Move validation from controllers to Request or Validator classes.

# Business logic should be in service class

A controller must have only one responsibility, so move business logic from controllers to service classes.

# Don't repeat yourself (DRY)

Reuse code when you can. SRP is helping you to avoid duplication. Also, reuse Blade templates, use Eloquent scopes etc.
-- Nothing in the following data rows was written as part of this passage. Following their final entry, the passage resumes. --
//! What the answers of all pairs come to.
ghost use Rattle.std.specs.Option.{IsSomeAnd, option_map};
ghost use Rattle.std.specs.List.{list_any};
ghost use Rattle.std.specs.Prelude.{◌≡◌, ◌≤◌, ◌^◌, IfOk, OnErr, length, map};
ghost use Rattle.match_types.specs.Plain.{plain_answer};
ghost use Rattle.pair_jobs.specs.Answers.{is_difference};
ghost use Rattle.pair_jobs.specs.Verdict.{IsRunVerdict, IsVerdict};

use job_graph::{Reads, Results};
use list_base::number;
use match_types::Answer;
use std::alloc::AllocError;

/// Whether all pairs match, one differs, or neither.
#[derive(Clone, Copy, Debug, PartialEq, Eq)]
pub enum Verdict {
    Match,
    Mismatch,
    Undecided,
}

// A match where each pair matches, a mismatch where one differs, else undecided. It takes no
// memory; the error is 2^32 pairs or more.
fn judge(answers: &Results<Answer>) -> Result<Verdict, AllocError>
    ensures verdict { IfOk result (IsVerdict (map plain_answer answers.now)) }
    ensures err { OnErr result (2 ^ 32 ≤ length answers.now) }
{
    let count = number(answers.len())?;
    let mut verdict = Verdict::Match;
    for pair in 0..count {
        match answers.get(pair) {
            Answer::Match(_) => {}
            Answer::Differs(_) => return Ok(Verdict::Mismatch),
            Answer::Undecided(_) => verdict = Verdict::Undecided,
            Answer::Skipped(_) => verdict = Verdict::Undecided,
        }
    }
    Ok(verdict)
}

/// Whether a pair differs. It takes no memory; the error is 2^32 pairs or more.
pub fn some_differs(answers: &Results<Answer>) -> Result<bool, AllocError>
    ensures some { IfOk result (λ some. some
        ≡ list_any is_difference (map plain_answer answers.now)) }
    ensures err { OnErr result (2 ^ 32 ≤ length answers.now) }
{
    let verdict = judge(answers)?;
    match verdict {
        Verdict::Mismatch => Ok(true),
        Verdict::Match => Ok(false),
        Verdict::Undecided => Ok(false),
    }
}

/// What a run comes to, by the number of bad gates and the answers, if the layout's top has a
/// partner: a mismatch where a gate is bad or there are no answers, else what the answers come to.
/// It takes no memory; the error is 2^32 pairs or more.
pub fn judge_run(bad: usize, answers: Option<&Results<Answer>>) -> Result<Verdict, AllocError>
    ensures verdict { IfOk result
        (IsRunVerdict bad (option_map (λ all. map plain_answer all.now) answers.entry)) }
    ensures err { OnErr result (IsSomeAnd answers.entry (λ all. 2 ^ 32 ≤ length all.now)) }
{
    if bad > 0 {
        return Ok(Verdict::Mismatch);
    }
    match answers {
        Some(all) => judge(all),
        None => Ok(Verdict::Mismatch),
    }
}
# Do not execute queries in Blade templates and use eager loading

(N + 1 problem)

# Use standard Laravel tools accepted by community

Prefer to use built-in Laravel functionality and community packages instead of using 3rd party packages and tools. Any developer who will work with your app in the future will need to learn new tools. Also, chances to get help from the Laravel community are significantly lower when you're using a 3rd party package or tool. Do not make your client pay for that.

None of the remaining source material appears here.